Data that are not sampled from a finite population

Sometimes data are actually sampled from a real finite population. For example, a public opinion poll may select individuals from the population of all residents in a city. The previous section showed that:

Random sampling of values from a finite population can explain the sample-to-sample variability of some data.

However there is no real finite population underlying most data sets from which the values can be treated as being sampled. The randomness in such data must be explained in a different way.

Silkworm poisoning

In an investigation of the speed of the toxic action of arsenic on silkworm larvae, 80 fourth-instar silkworm larvae weighing between 0.41 and 0.45 grams were given 0.10 mg of sodium arsenate per gram of body weight. Their survival times in seconds are given below.

Survival of poisoned silkworm larvae (seconds)
270
254
293
244
293
261
285
330
284
274
307
235
215
292
309
267
275
298
241
254
256
275
226
287
280
339
294
298
283
366
300
310
280
240
291
286
230
285
218
279
280
286
345
289
210
282
260
228
243
259
285
275
280
296
283
248
314
258
215
299
240
241
236
255
267
271
253
271
233
260
273
233
271
267
258
319
310
302
260
251

There is no real finite population from which the survival times can be considered to be sampled. However there is variability within this data set and repeating the experiment would have resulted in a different set of survival times.

Sampling from an abstract population

Random sampling from a population is such an intuitive way to explain sample-to-sample variability, we also use it to explain variability even when there is no real population from which the data were sampled.

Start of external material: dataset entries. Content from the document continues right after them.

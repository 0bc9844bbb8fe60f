//! The call that writes the image of a segment.
ghost use Rattle.std.specs.Prelude.{◌≡◌, ◌+◌, ◌-◌, ◌*◌, ◌<◌, ◌≤◌, ◌++◌, ℕ, IfErr, List, length, None, Some};
ghost use Rattle.std.specs.Prelude.{true};
ghost use Rattle.elf_model.specs.Checks.{first_refusal, header_checks, load_checks};
ghost use Rattle.elf_model.specs.Image.{ImageSource, image};
ghost use Rattle.elf_model.specs.Records.{e_phnum, e_shnum};
ghost use Rattle.elf_model.specs.Style.{without_sections};
ghost use Rattle.elf_source.specs.Prelude.{ReadsUpTo};
ghost use Rattle.elf_table.specs.Prelude.{HoldsProgramHeaders};
ghost use Rattle.elf_hash.specs.Loading.{FitsSource};
ghost use Rattle.elf_image.specs.ImageWrites.{HasSource, IsMaskedFile, IsTooLarge};
ghost use Rattle.elf_image.specs.ImageWrites.{RefusesOverLimit, WritesImage, asked_image};
ghost use Rattle.elf_image.specs.ImageWrites.{image_ceiling, relocated_bytes, relocated_ceiling};
ghost use Rattle.elf_image.specs.ImageWrites.{relocated_cost, request_cost, request_items};
ghost use Rattle.elf_image.specs.Within.{ImageWithin};
ghost use Rattle.elf_image.specs.Written.{BudgetDecides, StopsImage, windows_cost};

use crate::changes::{ImageFile, told_relocations};
use crate::chunks::EntryChunks;
use crate::headers::{check_headers, load_image, wanted_segment};
use crate::image_items::ImageItems;
use crate::marks::WindowMarks;
use crate::passes::check;
use crate::segment_windows::{ImageTarget, write_segment_windows};
use crate::window::SegmentBytes;
use elf_record::{Cause, Phdr, Refusal};
use elf_source::{Counted, Out, Sink, Source};
use elf_table::{ExecutionView, Fault, HeaderStore, Loaded, RunFault};

/// Which image is written.
#[derive(Clone, Copy)]
pub struct ImageRequest<'a> {
    /// The index of the LOAD program header.
    pub segment: u16,
    /// The items.
    pub items: &'a ImageItems<'a>,
    /// Whether an entry that lacks an item changes nothing; then a symbol that another object may
    /// define lacks its item even if it is weak or defined here.
    pub leaves: bool,
    /// The largest number of bytes that are written.
    pub most: u64,
}

/// Writes the bytes that a LOAD segment has in memory after a loader has relocated the file. All
/// entries are checked before the first byte is written; then the segment is written in windows of
/// as many bytes as `window` has, at least 16. If a limit is set on the source no byte past it is
/// read.
///
/// # Errors
/// Returns the first refusal, with nothing written if the file is known: the header's and the
/// load's; `LoadOverlap`; `NotImage`, `LoadAlign` and `TableOutside`; `BadLink` at 0x38 for an
/// index that no LOAD program header has; `Budget` at the program header if the segment has more
/// bytes than `most`; those of the dynamic entries and of the tables; then those of the entries, in
/// the order in which a loader applies them. Returns `Budget` if the limit on the source is too
/// small: at a read before all entries are checked, otherwise at the segment's bytes in the file.
/// Returns a fault of the source or of the output; a prefix of the bytes was written.
pub fn write_image<S: Source, W: Sink>(
    src: &mut Counted<S>,
    store: &mut HeaderStore,
    request: &ImageRequest<'_>,
    window: &mut [u8],
    out: &mut Out<W>,
) -> Result<(), RunFault>
    requires { 16 ≤ length window.old }
    ensures slots { store.new.slots ≡ store.old.slots }
    ensures writes { (file : List ℕ) → src.old.seen.file ≡ Some file → WritesImage out.old out.new
        result (image file store.old.slots request.now.segment request.now.most
        (request_items request.now)) }
    ensures stops { IfErr result (StopsImage src.old src.new out.new) }
    ensures limits { (file : List ℕ) → src.old.seen.file ≡ Some file → IfErr result
        (RefusesOverLimit src.old
        (request_cost file (without_sections file) (length window.old) request.now)
        (IsTooLarge (without_sections file) request.now.segment request.now.most)
        (image file store.old.slots request.now.segment request.now.most
        (request_items request.now))) }
    ensures cost { (file : List ℕ) → src.old.seen.file ≡ Some file → src.new.asked ≤ src.old.asked
        + request_cost file (without_sections file) (length window.old) request.now }
    ensures reads { ReadsUpTo src.old src.new (image_ceiling src.old.seen.size
        store.old.slots (length window.old) request.now.most) }
{
    let hides = src.hides();
    src.mask_section_headers(true);
    let written = write_masked(src, store, &Masked { request, hides }, window, out);
    src.mask_section_headers(hides);
    written
}

/// A request for a file whose fields that locate section headers are masked, and whether they are
/// masked in the bytes of the segment too.
#[derive(Clone, Copy)]
struct Masked<'a> {
    request: &'a ImageRequest<'a>,
    hides: bool,
}

/// Writes the image.
fn write_masked<S: Source, W: Sink>(
    src: &mut Counted<S>,
    store: &mut HeaderStore,
    masked: &Masked<'_>,
    window: &mut [u8],
    out: &mut Out<W>,
) -> Result<(), RunFault>
    requires room { 16 ≤ length window.old }
    requires masked { src.old.hides ≡ true }
    ensures slots { store.new.slots ≡ store.old.slots }
    ensures writes { (whole file : List ℕ) → IsMaskedFile src.old masked.now.hides whole file →
        e_shnum file ≡ 0 → WritesImage out.old out.new result
        (asked_image whole file store.old.slots masked.now.request.now) }
    ensures stops { IfErr result (StopsImage src.old src.new out.new) }
    ensures limits { (whole file : List ℕ) → IsMaskedFile src.old masked.now.hides whole file →
        e_shnum file ≡ 0 → IfErr result (RefusesOverLimit src.old
        (request_cost whole file (length window.old) masked.now.request.now)
        (IsTooLarge file masked.now.request.now.segment masked.now.request.now.most)
        (asked_image whole file store.old.slots masked.now.request.now)) }
    ensures cost { (whole file : List ℕ) → IsMaskedFile src.old masked.now.hides whole file →
        e_shnum file ≡ 0 → src.new.asked ≤ src.old.asked
        + request_cost whole file (length window.old) masked.now.request.now }
    ensures reads { ReadsUpTo src.old src.new (image_ceiling src.old.seen.size
        store.old.slots (length window.old) masked.now.request.now.most) }
{
    let loaded = load_image(src, store)?;
    write_loaded(src, store, loaded, masked, window, out)
}

/// Writes the image of a loaded file.
fn write_loaded<S: Source, W: Sink>(
    src: &mut Counted<S>,
    store: &HeaderStore,
    loaded: Loaded,
    masked: &Masked<'_>,
    window: &mut [u8],
    out: &mut Out<W>,
) -> Result<(), RunFault>
    requires room { 16 ≤ length window.old }
    requires fits { FitsSource src.old.seen.size store.now loaded }
    requires masked { src.old.hides ≡ true }
    ensures writes { (whole file : List ℕ) → IsMaskedFile src.old masked.now.hides whole file →
        first_refusal (header_checks file ++ load_checks file store.now.slots) ≡ None →
        HoldsProgramHeaders file loaded store.now → WritesImage out.old out.new result
        (asked_image whole file store.now.slots masked.now.request.now) }
    ensures stops { IfErr result (StopsImage src.old src.new out.new) }
    ensures limits { (whole file : List ℕ) → IsMaskedFile src.old masked.now.hides whole file →
        first_refusal (header_checks file ++ load_checks file store.now.slots) ≡ None →
        HoldsProgramHeaders file loaded store.now → IfErr result (RefusesOverLimit src.old
        (request_cost whole file (length window.old) masked.now.request.now
        - (64 + 56 * e_phnum file))
        (IsTooLarge file masked.now.request.now.segment masked.now.request.now.most)
        (asked_image whole file store.now.slots masked.now.request.now)) }
    ensures cost { (whole file : List ℕ) → IsMaskedFile src.old masked.now.hides whole file →
        first_refusal (header_checks file ++ load_checks file store.now.slots) ≡ None →
        HoldsProgramHeaders file loaded store.now →
        64 + 56 * e_phnum file + src.new.asked ≤ src.old.asked
        + request_cost whole file (length window.old) masked.now.request.now }
    ensures reads { ReadsUpTo src.old src.new (src.old.seen.size
        + relocated_ceiling src.old.seen.size (length window.old)
        masked.now.request.now.most) }
{
    let request = masked.request;
    let view = ExecutionView { loaded, store };
    check_headers(&view)?;
    let header = wanted_segment(&view, request.segment, request.most)?;
    let told = told_relocations(src, &view)?;
    let mut image = ImageFile {
        view,
        items: request.items,
        base: request.items.base(),
        leaves: request.leaves,
        told,
        chunks: EntryChunks::new(),
    };
    let target = target_of(request.segment, &header, window.len() as u64, masked.hides);
    write_relocated(src, &mut image, &target, window, out)
}

/// Checks the relocations of a file whose headers are checked, and writes a segment with them.
fn write_relocated<S: Source, W: Sink>(
    src: &mut Counted<S>,
    image: &mut ImageFile<'_, '_>,
    target: &ImageTarget,
    window: &mut [u8],
    out: &mut Out<W>,
) -> Result<(), RunFault>
    requires image { ImageWithin src.old.seen.size image.old }
    requires within { target.now.bytes.at + target.now.bytes.size ≤ src.old.seen.size }
    requires some { 16 ≤ target.now.window }
    requires room { target.now.window ≡ length window.old }
    requires masked { src.old.hides ≡ true }
    ensures writes { (source : ImageSource) → HasSource src.old image.old source target.now →
        WritesImage out.old out.new result (relocated_bytes source image.old.leaves target.now) }
    ensures stops { IfErr result (StopsImage src.old src.new out.new) }
    ensures limits { (source : ImageSource) → HasSource src.old image.old source target.now →
        IfErr result (RefusesOverLimit src.old (relocated_cost source image.old target.now) ⊥
        (relocated_bytes source image.old.leaves target.now)) }
    ensures cost { (source : ImageSource) → HasSource src.old image.old source target.now →
        src.new.asked ≤ src.old.asked + relocated_cost source image.old target.now }
    ensures reads { ReadsUpTo src.old src.new
        (relocated_ceiling src.old.seen.size target.now.window target.now.size) }
{
    let marks = check(src, image, target)?;
    check_budget(src, image, target, &marks)?;
    image.chunks = marks.chunks;
    write_segment_windows(src, image, target, &marks, window, out)
}

/// Returns the segment of a program header, written in windows of a size.
fn target_of(index: u16, header: &Phdr, window: u64, hides: bool) -> ImageTarget
    requires { 16 ≤ window }
    ensures some { 16 ≤ result.window }
    ensures window { result.window ≡ window }
    ensures place { (result.index ≡ index) × (result.first ≡ header.now.p_vaddr)
        × (result.size ≡ header.now.p_memsz) }
    ensures held { (result.bytes.at ≡ header.now.p_offset)
        × (result.bytes.size ≡ header.now.p_filesz) }
    ensures hides { result.hides ≡ hides }
    ensures bytes { result.bytes.at + result.bytes.size
        ≡ header.now.p_offset + header.now.p_filesz }
{
    ImageTarget {
        index,
        first: header.p_vaddr,
        bytes: SegmentBytes {
            at: header.p_offset,
            size: header.p_filesz,
        },
        size: header.p_memsz,
        window,
        hides,
    }
}

/// Checks that what is left of a limit is enough for the passes that write.
///
/// # Errors
/// Returns `Budget` at the segment's bytes in the file.
fn check_budget<S: Source>(
    src: &Counted<S>,
    image: &ImageFile<'_, '_>,
    target: &ImageTarget,
    marks: &WindowMarks,
) -> Result<(), Fault>
    requires { 0 < target.now.window }
    ensures { BudgetDecides src.now target.now.bytes.at
        (windows_cost image.now target.now marks.now) result }
{
    let Some(left) = src.left() else {
        return Ok(());
    };
    let windows = target.size.div_ceil(target.window);
    let entries = u128::from(image.told.ranges.first.len())
        + u128::from(image.told.ranges.second.len());
    let each = 8 * u128::from(image.told.compact.len()) + 72 * entries;
    let walks = u128::from(marks.marked(windows)).saturating_mul(each);
    let bytes = u128::from(target.bytes.size) + 14 * u128::from(windows);
    if walks.saturating_add(bytes) > u128::from(left) {
        return Err(Fault::Refused(Refusal {
            at: target.bytes.at,
            cause: Cause::Budget,
        }));
    }
    Ok(())
}
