/// A cursor over the entries of two ranges in the order in which a loader applies them: in each
/// range those that are not of R_X86_64_IRELATIVE, and then the others.
#[derive(Drop)]
pub(crate) struct OrderedEntries {
    pub(crate) ranges: EntryRanges,
    pub(crate) rows: RelaRows,
    part: EntryPart,
    /// How many parts were begun, of four.
    pub(crate) begun: u8,
    /// Whether the first table has an entry of R_X86_64_IRELATIVE, and whether the second has.
    indirect: (bool, bool),
    /// The window that is wanted: entries that cannot store into it are passed by.
    wanted: Option<WindowReach>,
    /// At which addresses entries of the first table store: all that are returned are noted if no
    /// window is wanted.
    pub(crate) chunks: EntryChunks,
}

impl OrderedEntries {
    /// Creates a cursor before the first entry.
    pub(crate) fn new(
        ranges: EntryRanges,
        wanted: Option<WindowReach>,
        chunks: EntryChunks,
    ) -> OrderedEntries
        ensures alive { (size : ℕ) → RangesWithin size ranges → EntriesAlive size result }
        ensures ranges { result.ranges ≡ ranges }
        ensures wanted { result.wanted ≡ wanted }
        ensures begins { (source : ImageSource) →
            entry_changes_left source result ≡ parts_left source ranges 0 }
        ensures known { (file : List ℕ) → HoldsChunks file ranges.first.at chunks →
            AreOrderedEntries file result }
        ensures reads { entries_reads result ≤ 72 * (ranges.first.count + ranges.second.count) }
    {
        let table = Table::new(0, 0, RELOCATION_BYTES);
        OrderedEntries {
            ranges,
            rows: RelaRows::new(table),
            part: EntryPart {
                table,
                indirect: false,
                second: false,
            },
            begun: 0,
            indirect: (false, false),
            wanted,
            chunks,
        }
    }

    /// Takes one step: to the next entry, over one that has another turn, or to the next part.
    ///
    /// # Errors
    /// Returns `Unsupported` at one of the first entries that is not of R_X86_64_RELATIVE, as it
    /// should be. Otherwise returns a fault of the read, or the refusal `Budget`.
    pub(crate) fn step<S: Source>(&mut self, src: &mut Counted<S>) -> Result<EntryStep, Fault>
        requires { EntriesAlive src.old.seen.size self.old }
        ensures costs { CallReads src.old src.new (fault_of_result result)
            (entries_reads self.old) }
        ensures account { src.new.asked + entries_reads self.new + symbol_reads result
            ≤ src.old.asked + entries_reads self.old }
        ensures alive { IfOk result (λ _. EntriesAlive src.old.seen.size self.new) }
        ensures steps { IfOk result (StepsOrderedEntries self.old self.new) }
        ensures ranges { self.new.ranges ≡ self.old.ranges }
        ensures wanted { self.new.wanted ≡ self.old.wanted }
        ensures some { IfOk result (HasOrderedEntry self.old.ranges) }
        ensures takes { (source : ImageSource) → src.old.seen.file ≡ Some source.file →
            AreOrderedEntries source.file self.old → TakesOrderedEntry source self.old.wanted
            (entry_changes_left source self.old) (entry_changes_left source self.new) result }
        ensures known { (file : List ℕ) → src.old.seen.file ≡ Some file →
            AreOrderedEntries file self.old → IfOk result (λ _. AreOrderedEntries file self.new) }
    {
        if self.rows.is_empty() {
            if self.begun >= 4 {
                return Ok(EntryStep::Past);
            }
            self.begin_part();
            return Ok(EntryStep::Nothing);
        }
        let far = self.far_entries();
        if far > 0 {
            self.rows.pass(far);
            return Ok(EntryStep::Nothing);
        }
        match self.rows.next(src, self.wanted)? {
            Some(row) => self.taken(row),
            None => Ok(EntryStep::Nothing),
        }
    }

    /// Returns how many of the next entries are known not to store into the window that is wanted.
    fn far_entries(&self) -> u64
        requires { self.now.rows.index ≤ self.now.rows.table.count }
        ensures few { result ≤ entries_ahead self.now.rows }
        ensures far { (file : List ℕ) (i : ℕ) → AreOrderedEntries file self.now →
            self.now.rows.index ≤ i → i < self.now.rows.index + result →
            IsFarRow file (entry_place self.now.rows i) self.now.wanted }
    {
        let Some(reach) = self.wanted else {
            return 0;
        };
        if self.part.indirect || self.part.second {
            return 0;
        }
        let ahead = self.rows.table.len() - self.rows.index;
        let far = self.chunks.far_from(self.rows.index, &reach);
        far.min(ahead)
    }

    /// Returns the next entry if it was read, is of R_X86_64_RELATIVE and in a part of such entries,
    /// and may store into the window that is wanted.
    pub(crate) fn relative(&self) -> Option<RelaRow>
        requires { (size : ℕ) × RelaRowsAlive size self.now.rows }
        ensures { IfSome result (IsHeldRelative self.now) }
    {
        if self.part.indirect {
            return None;
        }
        let row = self.rows.held()?;
        if row.entry.kind() != R_X86_64_RELATIVE || !self.may_want(row.entry.r_offset) {
            return None;
        }
        Some(row)
    }

    /// Returns `true` if an entry at an address may store into the window that is wanted.
    fn may_want(&self, address: u64) -> bool {
        match &self.wanted {
            Some(reach) => reach.has(address),
            None => true,
        }
    }

    /// Passes the entry that [`Self::relative`] returned.
    pub(crate) fn pass_relative(&mut self, row: &RelaRow)
        requires alive { (size : ℕ) × RelaRowsAlive size self.old.rows }
        requires held { IsHeldRelative self.old row.now }
        ensures rows { PassesEntries self.old.rows self.new.rows 1 }
        ensures ranges { self.new.ranges ≡ self.old.ranges }
        ensures begun { self.new.begun ≡ self.old.begun }
        ensures part { self.new.part ≡ self.old.part }
        ensures noted { self.new.indirect ≡ self.old.indirect }
        ensures wanted { self.new.wanted ≡ self.old.wanted }
        ensures chunks { (file : List ℕ) → AreOrderedEntries file self.old →
            HoldsChunks file self.old.ranges.first.at self.new.chunks }
    {
        self.note(row);
        self.rows.pass(1);
    }

    /// Notes at which address an entry of the part stores, unless a window is wanted.
    fn note(&mut self, row: &RelaRow)
        ensures rows { self.new.rows ≡ self.old.rows }
        ensures ranges { self.new.ranges ≡ self.old.ranges }
        ensures begun { self.new.begun ≡ self.old.begun }
        ensures part { self.new.part ≡ self.old.part }
        ensures noted { self.new.indirect ≡ self.old.indirect }
        ensures wanted { self.new.wanted ≡ self.old.wanted }
        ensures chunks { (file : List ℕ) → IsRela file row.now.at row.now.entry → row.now.at
            ≡ (range_table self.old.ranges self.old.part.second).at + 24 * row.now.index →
            HoldsChunks file self.old.ranges.first.at self.old.chunks →
            HoldsChunks file self.old.ranges.first.at self.new.chunks }
    {
        if self.wanted.is_none() && !self.part.second {
            self.chunks.note(row.index, &row.entry);
        }
    }

    /// Begins the next part; one without entries of its type has no rows.
    fn begin_part(&mut self)
        requires begun { self.old.begun < 4 }
        requires within { (size : ℕ) × RangesWithin size self.old.ranges }
        ensures begins { BeginsPart self.old self.new }
        ensures alive { (size : ℕ) → RangesWithin size self.old.ranges →
            RelaRowsAlive size self.new.rows }
        ensures few { entries_ahead self.new.rows
            ≤ self.old.ranges.first.count + self.old.ranges.second.count }
    {
        let part = self.part_of(self.begun);
        let rows = RelaRows::new(part.table);
        self.part = part;
        self.begun += 1;
        self.rows = rows;
    }

    /// Returns the part of a number below 4.
    fn part_of(&self, number: u8) -> EntryPart
        ensures within { (size : ℕ) → RangesWithin size self.now.ranges →
            IsTableWithin 24 size result.table }
        ensures few { result.table.count
            ≤ self.now.ranges.first.count + self.now.ranges.second.count }
        ensures kind { IsNumberedPart self.now.ranges.joined number result }
        ensures table { IsPartTable self.now.ranges self.now.indirect result result.table }
    {
        let (second, indirect) = part_kind(self.ranges.joined, number);
        let noted = self.is_noted(second);
        if indirect && !noted {
            return EntryPart {
                table: Table::new(0, 0, RELOCATION_BYTES),
                indirect,
                second,
            };
        }
        EntryPart {
            table: self.table(second),
            indirect,
            second,
        }
    }

    /// Returns the first table, or the second.
    fn table(&self, second: bool) -> Table
        ensures { result ≡ range_table self.now.ranges second }
    {
        if second {
            self.ranges.second
        } else {
            self.ranges.first
        }
    }

    /// Returns `true` if the first table, or the second, is known to have an entry of
    /// R_X86_64_IRELATIVE.
    fn is_noted(&self, second: bool) -> bool
        ensures { result ≡ is_noted self.now.indirect second }
    {
        if second {
            self.indirect.1
        } else {
            self.indirect.0
        }
    }

    /// Returns `true` if the entry of an index in the part's table is one of those at the start of
    /// the first range that should be of R_X86_64_RELATIVE.
    fn is_relative(&self, index: u64) -> bool
        ensures { result ≡ nat_lt 0 (relative_from self.now.ranges self.now.part.second index) }
    {
        if !self.part.second {
            return index < self.ranges.relative;
        }
        if !self.ranges.joined {
            return false;
        }
        let before = u128::from(self.ranges.first.len());
        before + u128::from(index) < u128::from(self.ranges.relative)
    }

    /// Returns `true` if an entry of a type should be of R_X86_64_RELATIVE, but is not.
    fn is_unsupported(&self, index: u64, kind: u32) -> bool
        ensures { result ≡ is_unsupported self.now.ranges self.now.part.second index kind }
    {
        self.is_relative(index) && kind != R_X86_64_RELATIVE
    }

    /// Returns the entry that was read, if it belongs to the part.
    fn taken(&mut self, row: RelaRow) -> Result<EntryStep, Fault>
        ensures rows { self.new.rows ≡ self.old.rows }
        ensures ranges { self.new.ranges ≡ self.old.ranges }
        ensures begun { self.new.begun ≡ self.old.begun }
        ensures part { self.new.part ≡ self.old.part }
        ensures wanted { self.new.wanted ≡ self.old.wanted }
        ensures keeps { (second : Bool) → is_noted self.new.indirect second ≡ false →
            is_noted self.old.indirect second ≡ false }
        ensures noted { IfOk result (λ _. (file : List ℕ) → IsRela file row.at row.entry →
            self.old.part.indirect ≡ false →
            is_noted self.new.indirect self.old.part.second ≡ false →
            is_resolved file row.at ≡ false) }
        ensures goes { IfOk result (λ step. step ≡ Past → ⊥) }
        ensures check { IfErr result IsOfCheck }
        ensures chunks { (file : List ℕ) → IsRela file row.at row.entry →
            (self.old.part.indirect ≡ false → row.at
            ≡ (range_table self.old.ranges self.old.part.second).at + 24 * row.index) →
            HoldsChunks file self.old.ranges.first.at self.old.chunks →
            HoldsChunks file self.old.ranges.first.at self.new.chunks }
        ensures symbol { symbol_reads result ≤ symbols_left self.old.part.indirect 1 }
        ensures takes { (source : ImageSource) → IsRela source.file row.at row.entry →
            TakesRow source row (part_changes source self.old.part.indirect
            (relative_from self.old.ranges self.old.part.second row.index) (row.at ∷ [])) result }
    {
        let kind = row.entry.kind();
        if self.part.indirect {
            if kind == R_X86_64_IRELATIVE {
                return Ok(row_step(row));
            }
            return Ok(EntryStep::Nothing);
        }
        if self.is_unsupported(row.index, kind) {
            return refused(row.at, Cause::Unsupported);
        }
        self.note(&row);
        if kind == R_X86_64_IRELATIVE {
            self.note_indirect();
            return Ok(EntryStep::Nothing);
        }
        Ok(row_step(row))
    }

    /// Notes that the table of the part has an entry of R_X86_64_IRELATIVE.
    fn note_indirect(&mut self)
        ensures rows { self.new.rows ≡ self.old.rows }
        ensures ranges { self.new.ranges ≡ self.old.ranges }
        ensures begun { self.new.begun ≡ self.old.begun }
        ensures part { self.new.part ≡ self.old.part }
        ensures wanted { self.new.wanted ≡ self.old.wanted }
        ensures chunks { self.new.chunks ≡ self.old.chunks }
        ensures noted { is_noted self.new.indirect self.old.part.second ≡ true }
        ensures keeps { (second : Bool) → is_noted self.new.indirect second ≡ false →
            is_noted self.old.indirect second ≡ false }
    {
        if self.part.second {
            self.indirect.1 = true;
        } else {
            self.indirect.0 = true;
        }
    }
}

We replace the real population that usually underlies survey data with an abstract population of all values that might have been obtained if the data collection had been repeated. We can then treat the observed data as a random sample from this abstract population.

The variation in the underlying abstract population gives us information about the variation in similar data in general.

Defining such an underlying population therefore not only explains sample-to-sample variability but also gives us a focus for generalising from our specific data.

Silkworm poisoning

It is convenient to model the variability in his data as being a sample from the infinite population of all possible measurements that could have been made from similar silkworm larvae. The variability in this hypothetical population reflects the variability in the survival times.

The distribution of survival times in the sample of poisoned silkworms provides information about the distribution of this underlying population — the distribution of survival times of silkworms given 0.10 mg of sodium arsenate per gram of body weight in general.